Stackdriver / stackdriver-prometheus-sidecar

A sidecar for the Prometheus server that can send metrics to Stackdriver.
https://cloud.google.com/monitoring/kubernetes-engine/prometheus
Apache License 2.0
121 stars 43 forks source link

msg="target not found" for standard kube-state-metrics #279

Open forestoden opened 3 years ago

forestoden commented 3 years ago

I am trying to set up the stackdriver-prometheus-sidecar to push a few CronJob/Job metrics from kube-state-metrics to Stackdriver. I'm running into an issue where no matter what I do, all of the metrics report

level=debug ts=2021-04-06T22:10:39.947Z caller=series_cache.go:369 component="Prometheus reader" msg="target not found" labels="{__name__=\"kube_cronjob_next_schedule_time\",container=\"kube-state-metrics\",cronjob=\"cronjob\",endpoint=\"http\",instance=\"10.8.6.2:8080\",job=\"kube-state-metrics\",namespace=\"production\",pod=\"kube-prometheus-stack-kube-state-metrics-bbf56d7f5-dss8c\",service=\"kube-prometheus-stack-kube-state-metrics\"}"

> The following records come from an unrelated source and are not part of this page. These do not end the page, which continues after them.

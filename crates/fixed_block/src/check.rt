// The check of a content in the order sent, and whether a block has its own.
ghost use Rattle.std.specs.Prelude.{◌≡◌, ◌≤◌, length, take};
ghost use Rattle.bits.specs.Bytes.{bits_of, pack};
ghost use Rattle.cyclic.specs.Check.{check_bits};
ghost use Rattle.fixed_block.specs.Block.{parameters, check_length, is_right};

use crate::Polynomial;
use cyclic::Cyclic;
use fixed_check::{Fixed8, Fixed16, Fixed24};
use registers::sent32;

// The first bytes are the check, as many as it has.
pub(crate) fn check_of(polynomial: Polynomial, content: &[u8]) -> [u8; 4]
    ensures { take (check_length (parameters polynomial)) result ≡ pack (check_bits (parameters polynomial) (bits_of content.now)) }
{
    match polynomial {
        Polynomial::Degree8 => sent32(Fixed8::check_of(content) as u32),
        Polynomial::Degree16 => sent32(Fixed16::check_of(content) as u32),
        Polynomial::Degree24 => sent32(Fixed24::check_of(content)),
    }
}

pub(crate) fn has_check(polynomial: Polynomial, block: &[u8]) -> bool
    requires long { check_length (parameters polynomial) ≤ length block.now }
    ensures { result ≡ is_right (parameters polynomial) block.now }
{
    match polynomial {
        Polynomial::Degree8 => Fixed8::receives(block),
        Polynomial::Degree16 => Fixed16::receives(block),
        Polynomial::Degree24 => Fixed24::receives(block),
    }
}
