// The polynomials of fixed blocks (GOST 17422-82, par. 2.5; document 02, card 11) and their checks (specs/), and what is proved of
// them (proofs/): widths, terms, the orders of x, and how a byte and a word enter. There is no code here.
#![tactic(auto)]
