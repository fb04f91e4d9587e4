// The lengths of each polynomial. The three are a closed list, and each match shows its cases side by side.
ghost use Rattle.std.specs.Prelude.{◌≡◌};
ghost use Rattle.fixed_block.specs.Block.{parameters, check_length};

use crate::Polynomial;
use fixed_check::{Fixed8, Fixed16, Fixed24};

// The bytes of a check.
pub(crate) fn check_length(polynomial: Polynomial) -> usize
    ensures { result ≡ check_length (parameters polynomial) }
{
    match polynomial {
        Polynomial::Degree8 => Fixed8::WIDTH / 8,
        Polynomial::Degree16 => Fixed16::WIDTH / 8,
        Polynomial::Degree24 => Fixed24::WIDTH / 8,
    }
}

// The bytes of a block at most, its check included.
pub(crate) fn limit(polynomial: Polynomial) -> usize
    ensures { result ≡ (parameters polynomial).limit }
{
    match polynomial {
        Polynomial::Degree8 => Fixed8::LIMIT,
        Polynomial::Degree16 => Fixed16::LIMIT,
        Polynomial::Degree24 => Fixed24::LIMIT,
    }
}
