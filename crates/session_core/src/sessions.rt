//! Sessions on a store, as one value.

ghost use Rattle.std.specs.Prelude.{◌≡◌, IfOk, IfErr};
ghost use Rattle.session_core.specs.Machine.{no_places};

use crate::notes::Session;
use disk_model::Disk;
use std::alloc::Global;
use std::marker::Model;
use store_base::NoMemory;
use store_core::Store;

/// How many sessions may be live.
pub(crate) const MAX_SESSIONS: usize = 64;

/// How many questions a session may have, and how many changes.
pub(crate) const MAX_NOTES: usize = 64;

/// A store, and the sessions that are live on it, each under a number from 0 to 63. Contracts see it as one record: the
/// store, and a place for each number.
pub struct Sessions<D: Disk> {
    pub(crate) alloc: Global,
    pub(crate) store: Store<D>,
    /// A place for each number.
    pub(crate) places: Vec<Option<Session>>,
}

impl<D: Disk> Model for Sessions<D> {
    ghost use Rattle.std.specs.Prelude.{◌≡◌, length};
    ghost use Rattle.session_core.specs.Machine.{live_limit};
    ghost use Rattle.session_core.specs.SessionState.{SessionsState};

    ghost Value = { SessionsState D };

    ghost view = { λ s. record { store = s.store; places = s.places.items } };

    ghost invariant = { λ s. length s.places.items ≡ live_limit };
}

impl<D: Disk> Sessions<D> {
    /// Takes a store, with no session on it yet. It takes the memory for all sessions that may be live, so `begin`
    /// takes none.
    /// `NoMemory`: there was none. The store is given back as it was.
    pub fn new(alloc: Global, store: Store<D>) -> Result<Sessions<D>, (NoMemory, Store<D>)>
        ensures ok { IfOk result (λ sessions. sessions ≡ record {
          store = store;
          places = no_places;
        }) }
        ensures err { IfErr result (λ refused. refused.1 ≡ store) }
    {
        match no_places(alloc) {
            Ok(places) => Ok(Sessions {
                alloc,
                store,
                places,
            }),
            Err(fault) => Err((fault, store)),
        }
    }

    /// The store.
    pub fn store(&self) -> &Store<D>
        ensures { result.now ≡ self.now.store }
    {
        &self.store
    }

    /// Ends all sessions, and gives the store back. What they staged is not carried out.
    pub fn into_store(self) -> Store<D>
        ensures { result ≡ self.store }
    {
        let Sessions {
            alloc: _,
            store,
            places: _,
        } = self;
        store
    }
}

/// A place for each session that may be live, all empty.
fn no_places(alloc: Global) -> Result<Vec<Option<Session>>, NoMemory>
    ensures { IfOk result (λ places. places.items ≡ no_places) }
{
    let mut places = Vec::with_capacity(alloc, MAX_SESSIONS)?;
    for _place in 0..MAX_SESSIONS {
        places.push(None)?;
    }
    Ok(places)
}
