//! The commit of a session's group.

ghost use Rattle.std.specs.Prelude.{◌≡◌, ◌<◌, false, length, map, IfOk, IfSome, OnErr};
ghost use Rattle.script_lines.specs.Replies.{reply_of};
ghost use Rattle.script_lines.specs.Sessions.SessionCall.{Commit};
ghost use Rattle.session_core.specs.Noted.{note_of};
ghost use Rattle.session_core.specs.SessionCalls.{CallsSessions, committed_answer};
ghost use Rattle.session_core.specs.SessionSteps.{KeepsTree, AsksAgain, CommitsSession, CommitsIn};

use crate::committed::Committed;
use crate::fault::SessionFault;
use crate::notes::{Note, Session};
use crate::sessions::Sessions;
use disk_model::Disk;
use script_lines::Reply;
use store_core::{ApplyFault, GroupAnswer, Store};

impl<D: Disk> Sessions<D> {
    /// Commits the group of a session. Each of its questions is asked again. Where all are answered as they were, its
    /// changes are carried out as `Store::apply_all` does: all of them, durable at the return, or none where one is
    /// refused. Each answer that is no fault ends the session.
    ///
    /// A group that changes d slots makes 5d + 2 writes and 5 syncs; a conflict, a refusal and a group that changes no
    /// slot make none. Each image that a crash at any moment of the call may leave represents the tree before the whole
    /// group or the one after it.
    ///
    /// `Stopped`, exactly where the store is stopped. `Unknown`, exactly where no live session has the number. Then
    /// `Disk` and `NoMemory`, as from `Store::apply_all`: the session stays live, and unless the store is stopped
    /// nothing was written.
    pub fn commit(&mut self, id: u32) -> Result<Committed, SessionFault>
        ensures call { CallsSessions D.state (Commit id) committed_answer self.old self.new result }
    {
        let place = self.place_of(id)?;
        commit_in(&mut self.store, &mut self.places[place])
    }
}

/// Commits the group of the session in a place. After an answer the place is empty. `Unknown`, exactly where no
/// session is live there. After a fault the place is as it was.
fn commit_in<D: Disk>(
    store: &mut Store<D>,
    place: &mut Option<Session>,
) -> Result<Committed, SessionFault>
    requires keeps { KeepsTree D.state store.old }
    requires runs { store.old.is_stopped ≡ false }
    ensures { CommitsIn D.state store.old store.new place.old place.new result }
{
    let Some(session) = place else {
        return Err(SessionFault::Unknown);
    };
    let committed = commit_session(store, session)?;
    *place = None;
    Ok(committed)
}

/// Commits the group of a session. After a fault the session is as it was, and else it is spent.
fn commit_session<D: Disk>(
    store: &mut Store<D>,
    session: &mut Session,
) -> Result<Committed, ApplyFault>
    requires keeps { KeepsTree D.state store.old }
    requires runs { store.old.is_stopped ≡ false }
    ensures commits { CommitsSession D.state session.old store.old store.new result }
    ensures kept { OnErr result (session.new ≡ session.old) }
{
    let mut now = Reply::Ok;
    if let Some(question) = first_difference(store, &session.asked, &mut now)? {
        return Ok(Committed::Conflict {
            question: question as u32,
            was: session.asked.swap_remove(question).reply,
            now,
        });
    }
    match store.apply_all(&session.staged)? {
        GroupAnswer::Done => Ok(Committed::Ok),
        GroupAnswer::Refused { index, reply } => Ok(Committed::Refused { index, reply }),
    }
}

/// Asks noted questions again, one after another, up to the first whose answer is not the one noted. It gives the
/// number of that question, whose answer then stands in `now`.
///
/// `Disk` and `NoMemory`, as from `Store::apply`.
fn first_difference<D: Disk>(
    store: &mut Store<D>,
    notes: &[Note],
    now: &mut Reply,
) -> Result<Option<usize>, ApplyFault>
    requires keeps { KeepsTree D.state store.old }
    requires runs { store.old.is_stopped ≡ false }
    ensures asks { AsksAgain D.state (map note_of notes.now)
        (reply_of now.new) store.old store.new result }
    ensures within { IfOk result (λ found. IfSome found (λ number. number < length notes.now)) }
{
    for (index, note) in notes.iter().enumerate() {
        store.apply_into(&note.question.command(), now)?;
        if !note.reply.is_same(now) {
            return Ok(Some(index));
        }
    }
    Ok(None)
}
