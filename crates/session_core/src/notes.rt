//! What a live session keeps: the questions with their answers, and the changes.

use crate::fault::SessionFault;
use crate::sessions::MAX_NOTES;
use script_lines::{Change, Question, Reply};
use std::alloc::Global;
use std::marker::Model;

/// A question, and what it was answered.
#[derive(Debug, Drop)]
pub(crate) struct Note {
    pub(crate) question: Question,
    pub(crate) reply: Reply,
}

/// A live session. Contracts see it as what it asked, with the answers, and what it is to change.
#[derive(Debug, Drop)]
pub(crate) struct Session {
    pub(crate) asked: Vec<Note>,
    pub(crate) staged: Vec<Change>,
}

impl Model for Session {
    ghost use Rattle.std.specs.Prelude.{◌≤◌, length, map};
    ghost use Rattle.script_lines.specs.Sessions.{change_of};
    ghost use Rattle.session_core.specs.Machine.{Session, note_limit};
    ghost use Rattle.session_core.specs.Noted.{note_of};

    ghost Value = { Session };

    ghost view = { λ s. record {
      asked = map note_of s.asked.items;
      staged = map change_of s.staged.items;
    } };

    ghost invariant = { λ s. (length s.asked.items ≤ note_limit)
        × (length s.staged.items ≤ note_limit) };
}

impl Session {
    ghost use Rattle.std.specs.Prelude.{◌≡◌, ◌<◌, ◌++◌, ◌∷◌, [], length};
    ghost use Rattle.script_lines.specs.Sessions.{change_of};
    ghost use Rattle.session_core.specs.Machine.{new_session, note_limit};
    ghost use Rattle.session_core.specs.Noted.{note_of};
    ghost use Rattle.session_core.specs.SessionSteps.{TakesNote};

    /// A session that has asked and staged nothing. It takes no memory.
    pub(crate) fn new(alloc: Global) -> Session
        ensures { result ≡ new_session }
    {
        Session {
            asked: Vec::new(alloc),
            staged: Vec::new(alloc),
        }
    }

    /// Notes a question with its answer, behind those that are noted. There has to be room among them.
    /// `NoMemory`: nothing is noted.
    pub(crate) fn note(&mut self, note: Note) -> Result<(), SessionFault>
        requires { length self.old.asked < note_limit }
        ensures { TakesNote (length self.old.asked) self.old (record {
          asked = self.old.asked ++ note_of note ∷ [];
          staged = self.old.staged;
        }) self.new result }
    {
        self.asked.push(note)?;
        Ok(())
    }

    /// Notes a change, behind those that are staged.
    /// `Many`: it has as many as it may have. Then `NoMemory`. After either of them nothing is noted.
    pub(crate) fn stage(&mut self, change: &Change) -> Result<(), SessionFault>
        ensures { TakesNote (length self.old.staged) self.old (record {
          asked = self.old.asked;
          staged = self.old.staged ++ change_of change.now ∷ [];
        }) self.new result }
    {
        if self.staged.len() >= MAX_NOTES {
            return Err(SessionFault::Many);
        }
        self.staged.push(change.copy())?;
        Ok(())
    }
}
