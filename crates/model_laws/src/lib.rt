//! Worked examples and laws of the definitions of `store_model`, each the contract of a function with
//! an empty body. They show what the definitions say. Nothing of the program stands on them: only other laws, of
//! scripts and of dumps, cite some of these.
#![tactic(auto)]

pub mod examples;
pub mod laws;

Here is my config for the sidecar:

  - args:
    - --stackdriver.project-id=<project>
    - --prometheus.wal-directory=/prometheus/wal
    - --stackdriver.kubernetes.location=us-central1
    - --stackdriver.kubernetes.cluster-name=<cluster>
    - --include=kube_cronjob_next_schedule_time{namespace="production"}
    - --log.level=debug
    image: gcr.io/stackdriver-prometheus/stackdriver-prometheus-sidecar:0.8.2

I am using the Prometheus operator, with Prometheus version 2.18. I tried a couple different versions (up to 2.22) with no luck.

I am not seeing any metrics get to Stackdriver, I've tried adding --stackdriver.store-in-files-directory=/prometheus/sd and see a file get created but nothing is written to it, so it doesn't seem like a permissions issue there.

For the --include flag, I've tried a number of different ways with no luck.

I found #104 which highlights a similar log message but I think that use case is a bit more complex than this

forestoden commented 3 years ago

I dug into the code a bit and determined what the issue is but I'm not sure how it could be fixed given how the code works today.

The issue stems from the target look up, and getting a target from the Cache. We make a call

    t, _ := targetMatch(ts, lset)

that attempts to "return the first target in the entry that matches all labels of the input set iff it has them set." Prometheus targets have a namespace label. For kube-state-metrics deployments, in most cases, this namespace will not be the same as the workloads that it monitors. This leads you to a scenario where targetMatcher is going to iterate over a list of targets that match job and instance labels of the metric and check that all labels match and it fails to match on namespace because kube-state-metrics is not in the same namespace as the workload.

I have fixed this by just deploying kube-state-metrics in my production namespace as that covers my use-case. This is almost certainly not viable for all cases, for example, deploying a workload per namespace would make this tricky as you'd have to deploy multiple kube-state-metrics. Filtering out namespaces from targetMatch seems hacky so I'm hesitant to suggest that.

vmcalvo commented 3 years ago

I have had the same problem with this sidecar and kube-state-metrics, in my case the only solution I have found is to modify the Prometheus ServiceMonitor (I am using https://github.com/prometheus-community/helm-charts/tree/main/charts/kube-prometheus-stack/templates )

The serviceMonitor that it generates for the kube-state-metrics metrics scrape takes a literal value for honorLabels of true: https://github.com/prometheus-community/helm-charts/blob/main/charts/kube-prometheus-stack/templates/exporters/kube-state-metrics/serviceMonitor.yaml

Changing it to false I get that in the face of the label namespace conflict it generates 2 labels:

I have not reviewed all the metrics but I suppose that some will exceed the 10 labels because of this, perhaps in such cases a relabeling can be performed to delete the labels that I do not need.

jinnovation commented 2 years ago

Building on @forestoden and @vmcalvo's findings, my recent comment in #229 might be relevant as well.